In the material below, which lines hold the word "Rattle"? Pick each one out.
:::::
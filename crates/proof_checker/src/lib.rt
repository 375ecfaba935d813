//! The checker of derivations: it takes each valid line, or says why it is none.
//!
//! It goes by the definitions of `derivation_meaning` alone: a line is taken exactly where it is valid, is
//! refused for the first cause that stands, and a refused line changes nothing. Stands on
//! `derivation_meaning`, `step_rules`, `completion`, `linear_normal`, `ground_model`, `literals` and
//! `derivation`.
#![tactic(auto)]

mod acceptance;
mod answer_lines;
mod answers;
mod chain;
mod checker;
mod ends;
mod judging;
mod lines;
mod live;
mod next;
mod refused;
mod same;
mod state;
mod table;

pub use acceptance::accepted_claim;
pub use checker::Checker;
pub use derivation_meaning::Claim;
pub use refused::{NotClosed, Refused};
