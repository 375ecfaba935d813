// The checker.
ghost use Rattle.std.specs.Prelude.{◌≡◌, IfErr, IfOk, OnErr, OnOk, None, Some};
ghost use Rattle.derivation.specs.Spelling.{IsLine};
ghost use Rattle.derivation_meaning.specs.State.{start};
ghost use Rattle.derivation_meaning.specs.Valid.{IsValid, after};
ghost use Rattle.proof_checker.specs.Checking.{IsRefusedFor};

use crate::acceptance::first_state;
use crate::judging::judge;
use crate::next::advance;
use crate::refused::{NotClosed, Refused};
use crate::state::PlainState;
use completion::complete;
use derivation::{Line, lines_end_in_nogoods};
use derivation_meaning::Claim;
use ground_model::GroundProgram;
use linear_normal::{Numbered, normalise};
use std::alloc::Global;
use std::marker::Model;
use symbols::Memory;

/// A ground program, and what stands after the lines of a derivation that were taken so far.
#[derive(Debug, Drop)]
pub struct Checker {
    alloc: Global,
    ground: GroundProgram,
    numbered: Numbered,
    kept: PlainState,
}

impl Model for Checker {
    ghost use Rattle.std.specs.Prelude.{◌≡◌};
    ghost use Rattle.std.specs.Coded.{codes};
    ghost use Rattle.symbols.specs.SymbolCode.{symbol_code};
    ghost use Rattle.linear_normal.specs.Numbering.{numbering};
    ghost use Rattle.proof_checker.specs.Checking.{Checked};
    ghost use Rattle.proof_checker.specs.inner.View.{state_of};

    ghost Value = { Checked };

    ghost coded = { Prim.hlevel (codes, symbol_code) };

    ghost view = { λ c. record { program = c.ground; state = state_of c.kept } };

    ghost invariant = { λ c. c.numbered ≡ numbering c.ground };
}

impl Checker {
    /// The checker before the first line. It numbers the program and makes its input nogoods.
    pub fn new(alloc: Global, ground: GroundProgram) -> Result<Checker, Memory>
        ensures { IfOk result (λ checker. checker ≡ record { program = ground; state = start ground }) }
    {
        let numbered = normalise(alloc, &ground)?;
        let input = complete(alloc, &ground, &numbered)?;
        let kept = first_state(alloc, input)?;
        Ok(Checker {
            alloc,
            ground,
            numbered,
            kept,
        })
    }

    /// Takes a valid line, or says why it is none and changes nothing.
    ///
    /// It takes the time of the line's own rule: see `step_rules::is_valid`, `is_learned` and
    /// `ground_model::is_answer`.
    pub fn step(&mut self, line: &Line) -> Result<(), Refused>
        requires { IsLine line.now }
        ensures valid { OnOk result (IsValid self.old.program self.old.state line.now) }
        ensures after { OnOk result (self.new ≡ record self.old { state = after self.old.program self.old.state line.now }) }
        ensures refused { IfErr result (λ why. IsRefusedFor self.old.program self.old.state line.now why) }
        ensures same { OnErr result (self.new ≡ self.old) }
    {
        lines_end_in_nogoods();
        judge(self.alloc, &self.ground, &self.numbered, &self.kept, line)?;
        advance(self.alloc, &self.ground, &mut self.kept, line)?;
        Ok(())
    }

    /// The claim of the `q` line that was taken.
    pub fn close(&self) -> Result<Claim, NotClosed>
        ensures closed { IfOk result (λ claim. self.now.state.claim ≡ Some claim) }
        ensures open { OnErr result (self.now.state.claim ≡ None) }
    {
        match self.kept.claim {
            Some(claim) => Ok(claim),
            None => Err(NotClosed),
        }
    }
}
:::::
* SOLUTION:
ghost use Rattle.std.specs.Prelude.{◌≡◌, IfErr, IfOk, OnErr, OnOk, None, Some};
ghost use Rattle.derivation.specs.Spelling.{IsLine};
ghost use Rattle.derivation_meaning.specs.State.{start};
ghost use Rattle.derivation_meaning.specs.Valid.{IsValid, after};
ghost use Rattle.proof_checker.specs.Checking.{IsRefusedFor};
    ghost use Rattle.std.specs.Prelude.{◌≡◌};
    ghost use Rattle.std.specs.Coded.{codes};
    ghost use Rattle.symbols.specs.SymbolCode.{symbol_code};
    ghost use Rattle.linear_normal.specs.Numbering.{numbering};
    ghost use Rattle.proof_checker.specs.Checking.{Checked};
    ghost use Rattle.proof_checker.specs.inner.View.{state_of};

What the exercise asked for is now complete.